To Daniel Clark
Department of State, July 20th. 1803.
I have the pleasure to inform you that the Treaty & Conventions, entered into on the 30th. of April by our Ministers Extraordinary, at Paris with the French Government, were received here on Thursday evening last. For an outline of the Agreement I refer you to the enclosed Newspaper;1 to which is added a copy of Articles II III IV V & VI.2 To these the President wishes you to give all the attention, which may be due to the interests & the eventual rights of the United States.

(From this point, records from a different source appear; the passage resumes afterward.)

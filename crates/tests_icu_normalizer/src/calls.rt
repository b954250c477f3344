//! What the calls of normalisers give of texts.

ghost use Rattle.std.specs.Iterator.{IsFinite};

use crate::encoded::{EncodedCall, Encoding, gives_encoded};
use crate::long::{LONG_ROWS, LongRow, joined, writes_in_pieces};
use crate::sinks::writes_of;
use icu_normalizer::composing::{ComposingNormalizer, ComposingNormalizerBorrowed};
use icu_normalizer::decomposing::{DecomposingNormalizer, DecomposingNormalizerBorrowed};
use icu_normalizer_core::provider::DataError;
use samples_icu_normalizer::held::Held;
use std::alloc::{AllocError, Global};
use std::borrow::CowStr;

/// A text, its decomposed form, and its composed one.
pub type Row<'r> = (&'r str, &'r str, &'r str);

/// A call by which a form comes or is known.
#[derive(Clone, Copy)]
pub enum Call {
    Normalize,
    Iterate,
    WriteDecomposed,
    WriteComposed,
    IsNormalized,
    SplitNormalized,
    WriteInPieces,
}

/// By which data a text is brought to a form: to NFD and NFC, or to NFKD and NFKC.
#[derive(Clone, Copy)]
pub enum Kind {
    Canonical,
    Compatibility,
}

/// What is asked of normalisers to both forms: that calls give these texts' forms, or those of long texts, or that a call
/// for an encoding gives those of its rows.
#[derive(Clone, Copy)]
pub enum Ask<'r> {
    Texts(&'r [Call], &'r [Row<'r>]),
    Long(&'r [Call]),
    Encoded(Encoding, EncodedCall),
}

/// A normaliser to each form, over the same data.
#[derive(Clone, Copy)]
struct Normalizers<'d> {
    decomposing: DecomposingNormalizerBorrowed<'d>,
    composing: ComposingNormalizerBorrowed<'d>,
}

/// Whether a form is this.
fn is_form(form: Result<CowStr<'_>, AllocError>, want: &str) -> bool {
    match form {
        Ok(form) => form.as_str() == want,
        Err(_) => false,
    }
}

/// Whether a text is split before what changes.
fn is_split(parts: Result<(&str, &str), AllocError>, text: &str, want: &str) -> bool {
    match parts {
        Ok((prefix, rest)) => rest.is_empty() == (text == want) && want.starts_with(prefix),
        Err(_) => false,
    }
}

/// A normaliser, by its call that writes the form of a text.
pub trait WritesTexts {
    /// How many writes bring what it writes to a sink, if that is this, and the errors of each sink that fails sooner are
    /// handed on.
    fn writes_text(&self, alloc: Global, text: &str, want: &str) -> Option<usize>;
}

impl WritesTexts for DecomposingNormalizerBorrowed<'_> {
    fn writes_text(&self, alloc: Global, text: &str, want: &str) -> Option<usize> {
        writes_of(
            alloc,
            want.as_bytes(),
            |sink| self.normalize_to(alloc, text, sink),
        )
    }
}

impl WritesTexts for ComposingNormalizerBorrowed<'_> {
    fn writes_text(&self, alloc: Global, text: &str, want: &str) -> Option<usize> {
        writes_of(
            alloc,
            want.as_bytes(),
            |sink| self.normalize_to(alloc, text, sink),
        )
    }
}

/// Whether what an iterator gave is the next character that is wanted.
fn is_next(given: Result<char, AllocError>, wanted: Option<char>) -> bool {
    match given {
        Ok(c) => wanted == Some(c),
        Err(_) => false,
    }
}

/// Whether an iterator gives these characters and no more.
pub fn are_chars<I: Iterator<Item = Result<char, AllocError>> + Drop>(given: I, want: &str) -> bool
    requires can { I.can_next given }
    requires ends { IsFinite (I.remaining given) }
{
    let mut wanted = want.chars();
    for given in given {
        if !is_next(given, wanted.next()) {
            return false;
        }
    }
    wanted.next().is_none()
}

/// Whether the characters of a text's decomposed form are these.
fn iterates_decomposed(
    alloc: Global,
    decomposing: DecomposingNormalizerBorrowed<'_>,
    text: &str,
    want: &str,
) -> bool {
    are_chars(decomposing.normalize_iter(alloc, text.chars()), want)
}

/// Whether those of its composed form are these.
fn iterates_composed(
    alloc: Global,
    composing: ComposingNormalizerBorrowed<'_>,
    text: &str,
    want: &str,
) -> bool {
    are_chars(composing.normalize_iter(alloc, text.chars()), want)
}

/// Whether both write the forms of a text in several writes, where it isn't in the form.
fn write_in_pieces(
    alloc: Global,
    normalizers: Normalizers<'_>,
    (text, decomposed, composed): Row<'_>,
) -> bool {
    let Normalizers {
        decomposing,
        composing,
    } = normalizers;
    writes_in_pieces(alloc, &decomposing, text, decomposed) == Some(true)
        && writes_in_pieces(alloc, &composing, text, composed) == Some(true)
}

/// Whether a call gives these forms of a text, or knows whether it is in them.
fn gives_row(
    alloc: Global,
    normalizers: Normalizers<'_>,
    call: Call,
    (text, decomposed, composed): Row<'_>,
) -> bool {
    let Normalizers {
        decomposing,
        composing,
    } = normalizers;
    match call {
        Call::Normalize => {
            is_form(decomposing.normalize(alloc, text), decomposed)
                && is_form(composing.normalize(alloc, text), composed)
        }
        Call::Iterate => {
            iterates_decomposed(alloc, decomposing, text, decomposed)
                && iterates_composed(alloc, composing, text, composed)
        }
        Call::WriteDecomposed => decomposing.writes_text(alloc, text, decomposed).is_some(),
        Call::WriteComposed => composing.writes_text(alloc, text, composed).is_some(),
        Call::IsNormalized => {
            decomposing.is_normalized(text) == (text == decomposed)
                && composing.is_normalized(alloc, text).ok() == Some(text == composed)
        }
        Call::SplitNormalized => {
            is_split(Ok(decomposing.split_normalized(text)), text, decomposed)
                && is_split(composing.split_normalized(alloc, text), text, composed)
        }
        Call::WriteInPieces => write_in_pieces(alloc, normalizers, (text, decomposed, composed)),
    }
}

/// Whether each of these calls does so.
fn give_row(alloc: Global, normalizers: Normalizers<'_>, calls: &[Call], row: Row<'_>) -> bool {
    for call in calls {
        if !gives_row(alloc, normalizers, *call, row) {
            return false;
        }
    }
    true
}

/// Whether they do so of each row.
fn give_rows(
    alloc: Global,
    normalizers: Normalizers<'_>,
    calls: &[Call],
    rows: &[Row<'_>],
) -> bool {
    for row in rows {
        if !give_row(alloc, normalizers, calls, *row) {
            return false;
        }
    }
    true
}

/// Whether calls give the forms of a long text; `None` where memory is refused.
fn give_long_row(
    alloc: Global,
    normalizers: Normalizers<'_>,
    calls: &[Call],
    (text, decomposed, composed): LongRow,
) -> Option<bool> {
    let text = joined(alloc, text)?;
    let decomposed = joined(alloc, decomposed)?;
    let composed = joined(alloc, composed)?;
    let row = (text.as_str(), decomposed.as_str(), composed.as_str());
    Some(give_row(alloc, normalizers, calls, row))
}

/// Whether they do so of each.
fn give_long_rows(alloc: Global, normalizers: Normalizers<'_>, calls: &[Call]) -> bool {
    for row in LONG_ROWS {
        if give_long_row(alloc, normalizers, calls, row) != Some(true) {
            return false;
        }
    }
    true
}

/// Whether both normalisers give the forms of all rows in an encoding, or know which are in them.
fn give_encoded(
    alloc: Global,
    normalizers: Normalizers<'_>,
    encoding: Encoding,
    call: EncodedCall,
) -> bool {
    let Normalizers {
        decomposing,
        composing,
    } = normalizers;
    gives_encoded(alloc, &decomposing, encoding, call)
        && gives_encoded(alloc, &composing, encoding, call)
}

/// Whether they give what is asked for.
fn give(alloc: Global, normalizers: Normalizers<'_>, ask: Ask<'_>) -> bool {
    match ask {
        Ask::Texts(calls, rows) => give_rows(alloc, normalizers, calls, rows),
        Ask::Long(calls) => give_long_rows(alloc, normalizers, calls),
        Ask::Encoded(encoding, call) => give_encoded(alloc, normalizers, encoding, call),
    }
}

/// A normaliser to the decomposed form.
fn decomposing<'t>(
    alloc: Global,
    held: &'t Held<'_>,
    kind: Kind,
) -> Result<DecomposingNormalizer<'t>, DataError> {
    match kind {
        Kind::Canonical => DecomposingNormalizer::try_new_nfd_unstable(alloc, held),
        Kind::Compatibility => DecomposingNormalizer::try_new_nfkd_unstable(alloc, held),
    }
}

/// One to the composed form.
fn composing<'t>(
    alloc: Global,
    held: &'t Held<'_>,
    kind: Kind,
) -> Result<ComposingNormalizer<'t>, DataError> {
    match kind {
        Kind::Canonical => ComposingNormalizer::try_new_nfc_unstable(alloc, held),
        Kind::Compatibility => ComposingNormalizer::try_new_nfkc_unstable(alloc, held),
    }
}

/// Whether this normaliser, and one to the composed form over a provider's data, give what is asked for.
fn gives_with_composing(
    alloc: Global,
    held: &Held<'_>,
    decomposing: DecomposingNormalizerBorrowed<'_>,
    kind: Kind,
    ask: Ask<'_>,
) -> bool {
    match composing(alloc, held, kind) {
        Ok(composing) => {
            let composing = composing.as_borrowed();
            let normalizers = Normalizers {
                decomposing,
                composing,
            };
            give(alloc, normalizers, ask)
        }
        Err(_) => false,
    }
}

/// Whether normalisers to both forms over a provider's data do.
pub fn gives(alloc: Global, held: &Held<'_>, kind: Kind, ask: Ask<'_>) -> bool {
    match decomposing(alloc, held, kind) {
        Ok(decomposing) => {
            gives_with_composing(alloc, held, decomposing.as_borrowed(), kind, ask)
        }
        Err(_) => false,
    }
}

The property and papers specified in the II Article will particularly call for your attention. It is presumed that the authorities in possession will withhold no proper concurrence, and your prudence will of course cultivate their good dispositions. With respect to the III Art. you may give the most ample assurances that all the rights of the Inhabitants, provided for, will be faithfully maintained; and in general that their situation will experience every proper mark not only of justice but of affection & patronage. The provision contained in this Article was particularly enjoined in the instructions to our Ministers, and there is every reason to believe that it formed a perfect coincidence in the wishes and purposes of the French Government.
Article VI will suggest to you the proper enquiries into the relations subsisting between Spain and the Indian Tribes, and any meliorations thereof, which the mutual consent of the United States and these Tribes may introduce. As far as there may be opportunities, it will be equally proper to prepare the Indians for the change which is to take place. I am &c.